BEGIN Record set

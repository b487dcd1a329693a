// By which calls the threads of a file say what they use: what a reclaimer is given before a run.
ghost use Rattle.std.specs.Prelude.{◌≡◌, IfOk};
ghost use Rattle.plc_auto.specs.Schemes.{schemes_of};

use crate::observer::Observer;
use plc_base::{FuncId, Items, NoMemory};
use std::alloc::Global;

/// A scheme by which a file's threads say what they still use.
#[derive(Clone, Copy)]
pub enum Scheme {
    /// Hazard pointers: a thread protects the address with which it calls this function.
    Hazard { f: FuncId },
    /// Epochs: a thread is inside between the return of `enter` and the call of `leave`.
    Epoch { enter: FuncId, leave: FuncId },
}

/// The schemes of a file with this observer: one where it uses hazard pointers or epochs, else none.
pub fn schemes_of(alloc: Global, observer: &Observer) -> Result<Items<Scheme>, NoMemory>
    ensures { IfOk result (λ schemes. schemes ≡ schemes_of observer.now) }
{
    let mut schemes = Vec::new(alloc);
    match *observer {
        Observer::Plain => {}
        Observer::Hazard(f) => schemes.push(Scheme::Hazard { f })?,
        Observer::Epoch(enter, leave) => schemes.push(Scheme::Epoch { enter, leave })?,
    }
    Ok(Items::from_vec(schemes))
}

END Record set

Please repeat, exactly and only, the lines from the one containing "let mut schemes = Vec::new(alloc);" through the last line of the records, both included.

* [Response below]
    let mut schemes = Vec::new(alloc);
    match *observer {
        Observer::Plain => {}
        Observer::Hazard(f) => schemes.push(Scheme::Hazard { f })?,
        Observer::Epoch(enter, leave) => schemes.push(Scheme::Epoch { enter, leave })?,
    }
    Ok(Items::from_vec(schemes))
}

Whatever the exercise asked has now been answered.